The communique ends with the “prospect
of convening an international conference” before the end of the year. Whether
this will indeed transpire is very much open to question.
Contemporary France lacks the
determination to flesh out this skeleton, and will, in any case, be easily
outmanoeuvred by the US and Israel. Palestinian claims, and expectations, that
France has set in motion an international diplomatic process similar to that
which resulted in the Iranian nuclear agreement are in this respect woefully
naive.
In the meantime, the Obama
administration continues debating whether or not to issue parameters of its own
prior to the conclusion of its term in January 2017, and Israeli Prime Minister
Benjamin Netanyahu continues to work closely with Egyptian President Abdel Fattah el-Sisi
to set up a parallel track based on the 2002 Arab Peace Initiative .
If - Egyptian denials
notwithstanding - the latter does materialise, it is likely to enjoy
substantial American support and put paid to the French effort.

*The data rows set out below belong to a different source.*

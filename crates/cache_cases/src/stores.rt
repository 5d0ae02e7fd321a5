//! Stores of an attempt beside a plain model of the same storage: the blocks it has and the bytes they hold.

use std::alloc::{AllocError, Global};
use std::test::Fail;
use store_cache::{BLOCK_SIZE, StoreCache};
use z_regs::{STORAGE_SIZE, Storage};

/// The address of the doubleword of most tests.
const PLACE: u64 = 36864;

/// The bytes of the doubleword 4.
const FOUR: [u8; 8] = [0, 0, 0, 0, 0, 0, 0, 4];

/// Stores a byte, where it may be stored.
fn store(cache: &mut StoreCache, address: u64, byte: u8) -> bool {
    if address >= STORAGE_SIZE || !cache.has_room((address / BLOCK_SIZE as u64) as u32) {
        return false;
    }
    cache.store(address, byte);
    true
}

/// Stores a doubleword as NTSTG does, where it may be stored.
fn ntstg(cache: &mut StoreCache, address: u64, value: u64) -> bool {
    if address >= STORAGE_SIZE || address % 8 != 0 {
        return false;
    }
    if !cache.has_room((address / BLOCK_SIZE as u64) as u32) {
        return false;
    }
    cache.ntstg(address, value);
    true
}

/// Storage of zeros.
fn zeros(alloc: Global) -> Result<Storage, Fail> {
    let zeros = vec![in alloc; 0u8; STORAGE_SIZE as usize]?;
    Ok(Storage::open(alloc, zeros.as_slice())?)
}

/// Stores the doubleword 3 by NTSTG, and 4 over it, where there is room.
fn store_both(cache: &mut StoreCache) -> bool {
    if !ntstg(cache, PLACE, 3) || !cache.has_room((PLACE / BLOCK_SIZE as u64) as u32) {
        return false;
    }
    cache.store_bytes(PLACE, &FOUR);
    true
}

/// The attempt ends in a commit or an abort, where storage has its size.
fn end(cache: &mut StoreCache, storage: &mut Storage, is_commit: bool) -> bool {
    if storage.as_slice().len() != STORAGE_SIZE as usize {
        return false;
    }
    if is_commit {
        cache.commit(storage);
    } else {
        cache.abort(storage);
    }
    true
}

/// A byte of storage.
fn byte_of(storage: &Storage, address: u64) -> Option<u8> {
    storage.as_slice().get(address as usize).copied()
}

/// A copy of a cache.
fn copy_of(alloc: Global, cache: &StoreCache) -> Result<StoreCache, Fail> {
    let mut copy = StoreCache::open(alloc)?;
    copy.copy_from(cache);
    Ok(copy)
}

/// Aborts the attempt of a cache and then that of its copy: whether each was done; the last byte of the doubleword as
/// the first leaves it, as the copy shows it, and as the second leaves it; and the blocks of the cache.
fn aborted(
    cache: &mut StoreCache,
    copy: &mut StoreCache,
    storage: &mut Storage,
) -> ([bool; 2], [Option<u8>; 3], u32) {
    let first = end(cache, storage, false);
    let left = byte_of(storage, PLACE + 7);
    let seen = copy.byte(PLACE + 7);
    let second = end(copy, storage, false);
    let bytes = [left, seen, byte_of(storage, PLACE + 7)];
    ([first, second], bytes, cache.blocks())
}

/// The same of a cache and a copy that is made of it.
fn aborted_twice(
    alloc: Global,
    cache: &mut StoreCache,
    storage: &mut Storage,
) -> Result<([bool; 2], [Option<u8>; 3], u32), Fail> {
    let mut copy = copy_of(alloc, cache)?;
    Ok(aborted(cache, &mut copy, storage))
}

/// The same of the doubleword 3 by NTSTG with 4 stored over it, and whether these were stored.
fn both_aborted(alloc: Global) -> Result<(bool, ([bool; 2], [Option<u8>; 3], u32)), Fail> {
    let mut storage = zeros(alloc)?;
    let mut cache = StoreCache::open(alloc)?;
    let stored = store_both(&mut cache);
    Ok((stored, aborted_twice(alloc, &mut cache, &mut storage)?))
}

#[test]
fn the_last_ntstg_lasts(rt: HostRuntime) -> Result<(), Fail> {
    let answer = both_aborted(rt.alloc())?;
    let left = ([true; 2], [Some(3), Some(4), Some(3)], 0);
    assert_eq!(rt; answer, (true, left));
    Ok(())
}

/// Commits the attempt of a cache: whether it was done, the last byte of the doubleword and the next, and the blocks of
/// the cache.
fn committed(cache: &mut StoreCache, storage: &mut Storage) -> (bool, [Option<u8>; 2], u32) {
    let done = end(cache, storage, true);
    let left = [byte_of(storage, PLACE + 7), byte_of(storage, PLACE + 8)];
    (done, left, cache.blocks())
}

/// The same of the doubleword 3 by NTSTG with 4 stored over it, and whether these were stored.
fn last_committed(alloc: Global) -> Result<(bool, (bool, [Option<u8>; 2], u32)), Fail> {
    let mut storage = zeros(alloc)?;
    let mut cache = StoreCache::open(alloc)?;
    let stored = store_both(&mut cache);
    Ok((stored, committed(&mut cache, &mut storage)))
}

#[test]
fn a_commit_leaves_the_last_store(rt: HostRuntime) -> Result<(), Fail> {
    let answer = last_committed(rt.alloc())?;
    assert_eq!(rt; answer, (true, (true, [Some(4), Some(0)], 0)));
    Ok(())
}

/// The first byte and the last of a run that a cache has.
fn ends_of(cache: &StoreCache, address: u64, count: usize) -> Option<(u8, u8)> {
    if count == 0 {
        return None;
    }
    let run = cache.run(address, count)?;
    Some((*run.first()?, *run.last()?))
}

/// What a cache has of the doubleword 3 by NTSTG with 4 stored over it, of a part of it, and of one byte more; and whether these
/// were stored.
fn runs(alloc: Global) -> Result<(bool, [Option<(u8, u8)>; 3]), Fail> {
    let mut cache = StoreCache::open(alloc)?;
    let stored = store_both(&mut cache);
    let runs = [
        ends_of(&cache, PLACE, 8),
        ends_of(&cache, PLACE + 7, 1),
        ends_of(&cache, PLACE, 9),
    ];
    Ok((stored, runs))
}

#[test]
fn a_run_has_the_last_bytes(rt: HostRuntime) -> Result<(), Fail> {
    let answer = runs(rt.alloc())?;
    assert_eq!(rt; answer, (true, [Some((0, 4)), Some((4, 4)), None]));
    Ok(())
}

/// Stores a byte into every 128th block, and answers how many could be stored.
fn fill(cache: &mut StoreCache) -> u64 {
    let mut stored = 0u64;
    for k in 0..64u64 {
        if store(cache, k * 16384 + 5, 1) {
            stored = stored.saturating_add(1);
        }
    }
    stored
}

/// Whether every 128th block has room, and no other.
fn has_room_where_filled(cache: &StoreCache) -> bool {
    for block in 0..8192u32 {
        if cache.has_room(block) != (block % 128 == 0) {
            return false;
        }
    }
    true
}

/// The bytes that a cache shows at these addresses: 128, 5, 16389.
fn bytes_of(cache: &StoreCache) -> [Option<u8>; 3] {
    [cache.byte(128), cache.byte(5), cache.byte(16389)]
}

/// What comes of filling an empty cache: how many bytes are stored, whether the blocks that they are in have room and
/// no other, how many these are, and whether a byte of one more is stored; and what the cache shows.
fn filled(alloc: Global) -> Result<((u64, bool, u32, bool), [Option<u8>; 3]), Fail> {
    let mut cache = StoreCache::open(alloc)?;
    let stored = fill(&mut cache);
    let room = has_room_where_filled(&cache);
    let blocks = cache.blocks();
    let one_more = store(&mut cache, 128, 1);
    Ok(((stored, room, blocks, one_more), bytes_of(&cache)))
}

/// What an empty cache shows at the address of the doubleword.
fn byte_of_nothing(alloc: Global) -> Result<Option<u8>, Fail> {
    let cache = StoreCache::open(alloc)?;
    Ok(cache.byte(PLACE))
}

#[test]
fn sixty_four_blocks_have_room(rt: HostRuntime) -> Result<(), Fail> {
    let full = filled(rt.alloc())?;
    let none = byte_of_nothing(rt.alloc())?;
    let blocks = (64, true, 64, false);
    assert_eq!(rt; (full, none), ((blocks, [None, Some(1), Some(1)]), None));
    Ok(())
}

/// Stores as a plain list of addresses and bytes, in program order.
type Pairs = Vec<(u64, u8)>;

/// The last byte of an address in a list.
fn last_of(pairs: &Pairs, address: u64) -> Option<u8> {
    let mut last = None;
    for (at, byte) in pairs.as_slice() {
        if *at == address {
            last = Some(*byte);
        }
    }
    last
}

/// The bytes of a list into storage that is a plain list too.
fn lay(pairs: &Pairs, plain: &mut Vec<u8>) {
    for (at, byte) in pairs.as_slice() {
        if (*at as usize) < plain.len() {
            plain[*at as usize] = *byte;
        }
    }
}

/// A cache and storage, and beside them plain lists that do the same.
#[derive(Drop)]
struct Beside {
    cache: StoreCache,
    storage: Storage,
    stores: Pairs,
    lasting: Pairs,
    plain: Vec<u8>,
}

impl Beside {
    /// An empty cache and storage of zeros.
    fn open(alloc: Global) -> Result<Beside, Fail> {
        let plain = vec![in alloc; 0u8; STORAGE_SIZE as usize]?;
        let storage = zeros(alloc)?;
        let cache = StoreCache::open(alloc)?;
        Ok(Beside {
            cache,
            storage,
            stores: Vec::new(alloc),
            lasting: Vec::new(alloc),
            plain,
        })
    }

    /// A byte is stored, where it may be. Answers whether the cache shows the last byte stored there.
    fn store(&mut self, address: u64, byte: u8) -> Result<bool, AllocError> {
        if store(&mut self.cache, address, byte) {
            self.stores.push((address, byte))?;
        }
        Ok(self.cache.byte(address) == last_of(&self.stores, address))
    }

    /// A doubleword is stored as NTSTG does, where it may be.
    fn ntstg(&mut self, address: u64, value: u64) -> Result<bool, AllocError> {
        if ntstg(&mut self.cache, address, value) {
            for (at, byte) in value.to_be_bytes().iter().enumerate() {
                let pair = (address.wrapping_add(at as u64), *byte);
                self.stores.push(pair)?;
                self.lasting.push(pair)?;
            }
        }
        Ok(true)
    }

    /// The attempt ends in a commit or an abort. Answers whether storage is what it should be.
    fn end(&mut self, is_commit: bool) -> bool {
        if !end(&mut self.cache, &mut self.storage, is_commit) {
            return false;
        }
        if is_commit {
            lay(&self.stores, &mut self.plain);
        } else {
            lay(&self.lasting, &mut self.plain);
        }
        self.stores.clear();
        self.lasting.clear();
        self.storage.as_slice() == self.plain.as_slice()
    }

    /// What a number says.
    fn turn(&mut self, number: u64) -> Result<bool, AllocError> {
        let place = (number >> 33) % 12288;
        let byte = ((number >> 50) % 256) as u8;
        match (number >> 20) % 64 {
            0 => Ok(self.end(true)),
            1 => Ok(self.end(false)),
            2..=20 => self.ntstg(PLACE + place / 8 * 8, number),
            21..=40 => self.store(PLACE + place, byte),
            _ => self.store(PLACE + place % 64, byte),
        }
    }

    /// What so many numbers say, drawn one from another, until an answer is wrong. Answers how many were right.
    fn walk(&mut self, turns: u32) -> Result<u32, AllocError> {
        let mut number = 1u64;
        for right in 0..turns {
            number = number
                .wrapping_mul(6364136223846793005)
                .wrapping_add(1442695040888963407);
            if !self.turn(number)? {
                return Ok(right);
            }
        }
        Ok(turns)
    }
}

/// How many of so many turns from nothing are right.
fn walked(alloc: Global, turns: u32) -> Result<u32, Fail> {
    let mut beside = Beside::open(alloc)?;
    Ok(beside.walk(turns)?)
}

#[test]
fn walks_beside_plain_lists(rt: HostRuntime) -> Result<(), Fail> {
    assert_eq!(rt; walked(rt.alloc(), 1500)?, 1500);
    Ok(())
}
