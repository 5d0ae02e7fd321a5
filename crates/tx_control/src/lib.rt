//! Program exceptions and their classes, why a transaction aborts, and the nest of open transactions.
#![tactic(auto)]

pub mod abort_codes;
mod begins;
mod causes;
pub mod codes;
mod exceptions;
pub mod laws;
mod nesting;

pub use begins::Begin;
pub use causes::Why;
pub use exceptions::{Exception, class_of, is_filtered};
pub use nesting::{MOST_LEVELS, Nest};
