// What a call lacked that a checkpoint may give.
ghost use Rattle.std.specs.Prelude.{◌≡◌, true, false};
ghost use Rattle.shard_pool.specs.Lent.{is_lack, lacks_room};

use tracker_shard::ShardFault;

/// What a call lacked that a checkpoint may give.
#[derive(Clone, Copy, PartialEq, Eq, Debug)]
pub(crate) enum Lack {
    Nothing,
    /// The journal was full.
    Room,
    Memory,
}

// What the call lacked.
pub(crate) fn lack_of<A: Drop>(answer: &Result<A, ShardFault>) -> Lack
    ensures { is_lack result ≡ lacks_room answer.now }
{
    match answer {
        Err(ShardFault::JournalFull) => Lack::Room,
        Err(ShardFault::OutOfMemory) => Lack::Memory,
        _ => Lack::Nothing,
    }
}
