//! How the lock of a shard is had.
use crate::lane::Lane;
use crate::locked::Locked;
use std::hint::spin_loop;
use std::sync::{Mutex, MutexGuard, Wait};

/// How often a lock that another thread holds is looked at before the thread that wants it sleeps.
const LOOKS: u32 = 200;

/// How many of the processor's pauses lie between two looks.
const PAUSES: u32 = 16;

// Lets the processor pause between two looks.
fn pause() {
    for _ in 0..PAUSES {
        spin_loop();
    }
}

/// The lock of a shard. A call holds it for a few microseconds, less than it costs to sleep and to be woken: so it is looked
/// at for a while before the thread sleeps. A checkpoint, a merge and a long list hold it longer.
pub(crate) fn lock_of<'a, L: Lane, R: Wait>(
    rt: &R,
    shard: &'a Mutex<Locked<L>>,
) -> MutexGuard<'a, Locked<L>> {
    for _ in 0..LOOKS {
        if let Some(guard) = shard.try_lock() {
            return guard;
        }
        pause();
    }
    shard.lock(rt)
}
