//! The calls with the guard lent.
ghost use Rattle.std.specs.Prelude.{◌≡◌, ◌+◌, ◌≤◌, ◌<◌, ◌^◌, true, Some, IfOk, OnOk, IsTrue, vec_len, vec_capacity};
ghost use Rattle.presence_journal.specs.History.{last_number};
ghost use Rattle.presence_journal.specs.Limits.{is_payload, is_take_limit};
ghost use Rattle.presence_journal.specs.Present.{listed, dots_of};
ghost use Rattle.presence_journal.specs.Queue.{items_given};
ghost use Rattle.presence_journal.specs.Table.{rows_of_key, rows_of_pid, listed_key};
ghost use Rattle.tracker_shard.specs.Steps.{IsDue, Stepped, refusal, refusal_at, slot_of};
ghost use Rattle.shard_pool.specs.Hands.{receipt};
ghost use Rattle.shard_pool.specs.Lent.{is_step, counted, Notes, Replies, RepliesDot};

use crate::lane::Lane;
use crate::locked::Locked;
use crate::part::Part;
use crate::reply::{PoolFault, Reply, reply_to};
use presence_base::{Dot, Json, Key, Meta, Row, Topic};
use presence_journal::{Item, Outcome, SharedRows, Step};
use shard_pool_settled::Receipt;
use std::alloc::{AllocError, Global};
use tracker_shard::{
    Found, Get, List, SeatCall, Shout, Sub, Subscribe, Take, Track, Unsubscribe, Untrack,
    UntrackAll, Update,
};

/// A list of receipts that is full takes room for so many more at once, and no more, however long it is.
const GROWTH: usize = 4_096;

// Makes room for one more receipt.
fn make_room(receipts: &mut Vec<Receipt>) -> Result<(), AllocError>
    ensures items { receipts.new.items ≡ receipts.old.items }
    ensures len { vec_len receipts.new ≡ vec_len receipts.old }
    ensures room { OnOk result (vec_len receipts.new < vec_capacity receipts.new) }
{
    if receipts.len() < GROWTH {
        return receipts.reserve(1);
    }
    if receipts.len() < receipts.capacity() {
        return Ok(());
    }
    receipts.reserve_exact(GROWTH)
}

// The receipt of a step at the shard's end, made ready before the step, so that nothing can be wanting once it is made.
fn receipt_of(
    shard: u32,
    number: u64,
    step: &Step,
    outcome: &Outcome,
) -> Result<Receipt, AllocError>
    ensures { IfOk result (λ r. r ≡ receipt shard number step.now outcome.now) }
{
    let step = step.clone()?;
    let outcome = outcome.clone()?;
    Ok(Receipt {
        shard,
        number,
        step,
        outcome,
    })
}

/// A call with the guard lent: looks up what it comes to, makes its step, and leaves its receipt with the seat.
#[tactic(auto, using(crate::proofs::Notes::notes, crate::proofs::Notes::seated))]
pub fn lent_call<L: Lane, C: SeatCall>(
    alloc: Global,
    locked: &mut Locked<L>,
    part: &mut Part<L>,
    call: &C,
) -> Result<Reply<C::Answer>, PoolFault>
    ensures step { Stepped locked.old.shard locked.new.shard (Some part.old.seat) (C.step call.now) result }
    ensures answer { Replies part.old.shard locked.old.shard (C.step call.now)
        (C.gives call.now locked.old.shard) result }
    ensures due { IsDue result (refusal (C.there call.now locked.old.shard) locked.old.shard (C.step call.now)) }
    ensures notes { Notes locked.old.shard part.old part.new (C.step call.now) result }
    ensures total { locked.new.calls.total ≡ counted locked.old.calls.total (is_step result) }
{
    let Part {
        seat,
        shard,
        receipts,
        share,
    } = part;
    let Found {
        step,
        outcome,
        answer,
    } = locked.look(alloc, call)?;
    make_room(receipts)?;
    let number = locked.next_number();
    let receipt = receipt_of(*shard, number, &step, &outcome)?;
    locked.enter(alloc, share, *seat, step, outcome)?;
    receipts.push_reserved(receipt);
    reply_to(*shard, number, answer)
}

/// A track with the guard lent.
pub fn lent_track<L: Lane>(
    alloc: Global,
    locked: &mut Locked<L>,
    part: &mut Part<L>,
    pid: u64,
    topic: &Topic,
    key: &Key,
    meta: &Meta,
) -> Result<Reply<Dot>, PoolFault>
    requires pid { pid ≤ 2 ^ 62 }
    ensures step { Stepped locked.old.shard locked.new.shard (Some part.old.seat)
        (Step.Track pid topic.now key.now meta.now) result }
    ensures answer { RepliesDot part.old.shard locked.old.shard (Step.Track pid topic.now key.now meta.now) result }
    ensures due { IsDue result (refusal true locked.old.shard (Step.Track pid topic.now key.now meta.now)) }
    ensures notes { Notes locked.old.shard part.old part.new (Step.Track pid topic.now key.now meta.now) result }
    ensures total { locked.new.calls.total ≡ counted locked.old.calls.total (is_step result) }
{
    lent_call(
        alloc,
        locked,
        part,
        &Track {
            pid,
            topic,
            key,
            meta,
        },
    )
}

/// An update with the guard lent.
pub fn lent_update<L: Lane>(
    alloc: Global,
    locked: &mut Locked<L>,
    part: &mut Part<L>,
    pid: u64,
    topic: &Topic,
    key: &Key,
    meta: &Meta,
) -> Result<Reply<Dot>, PoolFault>
    requires pid { pid ≤ 2 ^ 62 }
    ensures step { Stepped locked.old.shard locked.new.shard (Some part.old.seat)
        (Step.Update pid topic.now key.now meta.now) result }
    ensures answer { RepliesDot part.old.shard locked.old.shard (Step.Update pid topic.now key.now meta.now) result }
    ensures due { IsDue result (refusal true locked.old.shard (Step.Update pid topic.now key.now meta.now)) }
    ensures notes { Notes locked.old.shard part.old part.new (Step.Update pid topic.now key.now meta.now) result }
    ensures total { locked.new.calls.total ≡ counted locked.old.calls.total (is_step result) }
{
    lent_call(
        alloc,
        locked,
        part,
        &Update {
            pid,
            topic,
            key,
            meta,
        },
    )
}

/// An untrack with the guard lent.
pub fn lent_untrack<L: Lane>(
    alloc: Global,
    locked: &mut Locked<L>,
    part: &mut Part<L>,
    pid: u64,
    topic: &Topic,
    key: &Key,
) -> Result<Reply<Vec<Dot>>, PoolFault>
    ensures step { Stepped locked.old.shard locked.new.shard (Some part.old.seat)
        (Step.Untrack pid topic.now key.now) result }
    ensures answer { Replies part.old.shard locked.old.shard
        (Step.Untrack pid topic.now key.now)
        (λ dots. dots.items ≡ dots_of (rows_of_key locked.old.shard pid topic.now key.now)) result }
    ensures due { IsDue result (refusal true locked.old.shard (Step.Untrack pid topic.now key.now)) }
    ensures notes { Notes locked.old.shard part.old part.new (Step.Untrack pid topic.now key.now) result }
    ensures total { locked.new.calls.total ≡ counted locked.old.calls.total (is_step result) }
{
    lent_call(alloc, locked, part, &Untrack { pid, topic, key })
}

/// An untrack of all keys with the guard lent.
pub fn lent_untrack_all<L: Lane>(
    alloc: Global,
    locked: &mut Locked<L>,
    part: &mut Part<L>,
    pid: u64,
    topic: &Topic,
) -> Result<Reply<Vec<Dot>>, PoolFault>
    ensures step { Stepped locked.old.shard locked.new.shard (Some part.old.seat)
        (Step.UntrackAll pid topic.now) result }
    ensures answer { Replies part.old.shard locked.old.shard
        (Step.UntrackAll pid topic.now)
        (λ dots. dots.items ≡ dots_of (rows_of_pid locked.old.shard pid topic.now)) result }
    ensures due { IsDue result (refusal true locked.old.shard (Step.UntrackAll pid topic.now)) }
    ensures notes { Notes locked.old.shard part.old part.new (Step.UntrackAll pid topic.now) result }
    ensures total { locked.new.calls.total ≡ counted locked.old.calls.total (is_step result) }
{
    lent_call(alloc, locked, part, &UntrackAll { pid, topic })
}

/// A list with the guard lent.
pub fn lent_list<L: Lane>(
    alloc: Global,
    locked: &mut Locked<L>,
    part: &mut Part<L>,
    topic: &Topic,
) -> Result<Reply<SharedRows>, PoolFault>
    ensures step { Stepped locked.old.shard locked.new.shard (Some part.old.seat) (Step.List topic.now) result }
    ensures answer { Replies part.old.shard locked.old.shard
        (Step.List topic.now)
        (λ rows. rows ≡ listed locked.old.shard topic.now) result }
    ensures due { IsDue result (refusal true locked.old.shard (Step.List topic.now)) }
    ensures notes { Notes locked.old.shard part.old part.new (Step.List topic.now) result }
    ensures total { locked.new.calls.total ≡ counted locked.old.calls.total (is_step result) }
{
    lent_call(alloc, locked, part, &List { topic })
}

/// A get with the guard lent.
pub fn lent_get<L: Lane>(
    alloc: Global,
    locked: &mut Locked<L>,
    part: &mut Part<L>,
    topic: &Topic,
    key: &Key,
) -> Result<Reply<Vec<(Dot, Row)>>, PoolFault>
    ensures step { Stepped locked.old.shard locked.new.shard (Some part.old.seat) (Step.Get topic.now key.now) result }
    ensures answer { Replies part.old.shard locked.old.shard
        (Step.Get topic.now key.now)
        (λ rows. rows.items ≡ listed_key locked.old.shard topic.now key.now) result }
    ensures due { IsDue result (refusal true locked.old.shard (Step.Get topic.now key.now)) }
    ensures notes { Notes locked.old.shard part.old part.new (Step.Get topic.now key.now) result }
    ensures total { locked.new.calls.total ≡ counted locked.old.calls.total (is_step result) }
{
    lent_call(alloc, locked, part, &Get { topic, key })
}

/// A subscribe with the guard lent.
pub fn lent_subscribe<L: Lane>(
    alloc: Global,
    locked: &mut Locked<L>,
    part: &mut Part<L>,
    topic: &Topic,
) -> Result<Reply<Sub>, PoolFault>
    ensures step { Stepped locked.old.shard locked.new.shard (Some part.old.seat) (Step.Subscribe topic.now) result }
    ensures answer { Replies part.old.shard locked.old.shard
        (Step.Subscribe topic.now)
        (λ sub. (sub.number ≡ last_number locked.old.shard + 1) × (sub.slot ≡ slot_of sub.number)) result }
    ensures due { IsDue result (refusal true locked.old.shard (Step.Subscribe topic.now)) }
    ensures notes { Notes locked.old.shard part.old part.new (Step.Subscribe topic.now) result }
    ensures total { locked.new.calls.total ≡ counted locked.old.calls.total (is_step result) }
{
    lent_call(alloc, locked, part, &Subscribe { topic })
}

/// A take with the guard lent.
pub fn lent_take<L: Lane>(
    alloc: Global,
    locked: &mut Locked<L>,
    part: &mut Part<L>,
    sub: &Sub,
    max: u32,
) -> Result<Reply<Vec<Item>>, PoolFault>
    requires limit { IsTrue (is_take_limit max) }
    ensures step { Stepped locked.old.shard locked.new.shard (Some part.old.seat)
        (Step.Take sub.now.number max) result }
    ensures answer { Replies part.old.shard locked.old.shard
        (Step.Take sub.now.number max)
        (λ items. items.items ≡ items_given locked.old.shard sub.now.number max) result }
    ensures due { IsDue result (refusal_at sub.now.slot sub.now.number locked.old.shard
        (Step.Take sub.now.number max)) }
    ensures notes { Notes locked.old.shard part.old part.new (Step.Take sub.now.number max) result }
    ensures total { locked.new.calls.total ≡ counted locked.old.calls.total (is_step result) }
{
    lent_call(alloc, locked, part, &Take { sub: *sub, max })
}

/// An unsubscribe with the guard lent.
pub fn lent_unsubscribe<L: Lane>(
    alloc: Global,
    locked: &mut Locked<L>,
    part: &mut Part<L>,
    sub: &Sub,
) -> Result<Reply<()>, PoolFault>
    ensures step { Stepped locked.old.shard locked.new.shard (Some part.old.seat)
        (Step.Unsubscribe sub.now.number) result }
    ensures answer { Replies part.old.shard locked.old.shard (Step.Unsubscribe sub.now.number) (λ _. Unit {0}) result }
    ensures due { IsDue result (refusal_at sub.now.slot sub.now.number locked.old.shard
        (Step.Unsubscribe sub.now.number)) }
    ensures notes { Notes locked.old.shard part.old part.new (Step.Unsubscribe sub.now.number) result }
    ensures total { locked.new.calls.total ≡ counted locked.old.calls.total (is_step result) }
{
    lent_call(alloc, locked, part, &Unsubscribe { sub: *sub })
}

/// A shout with the guard lent.
pub fn lent_shout<L: Lane>(
    alloc: Global,
    locked: &mut Locked<L>,
    part: &mut Part<L>,
    topic: &Topic,
    payload: &Json,
) -> Result<Reply<()>, PoolFault>
    requires payload { IsTrue (is_payload payload.now) }
    ensures step { Stepped locked.old.shard locked.new.shard (Some part.old.seat)
        (Step.Shout topic.now payload.now) result }
    ensures answer { Replies part.old.shard locked.old.shard (Step.Shout topic.now payload.now) (λ _. Unit {0}) result }
    ensures due { IsDue result (refusal true locked.old.shard (Step.Shout topic.now payload.now)) }
    ensures notes { Notes locked.old.shard part.old part.new (Step.Shout topic.now payload.now) result }
    ensures total { locked.new.calls.total ≡ counted locked.old.calls.total (is_step result) }
{
    lent_call(alloc, locked, part, &Shout { topic, payload })
}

The more pertinent point is
that the international community remains determined to succeed where it has
systematically failed in the quarter century since the 1991 Madrid Middle East
Peace Conference.
It will be some time yet before
the international community is persuaded that the only way to consummate a
two-state settlement is to compel Israel to terminate the occupation and accept
a just resolution of the refugee question.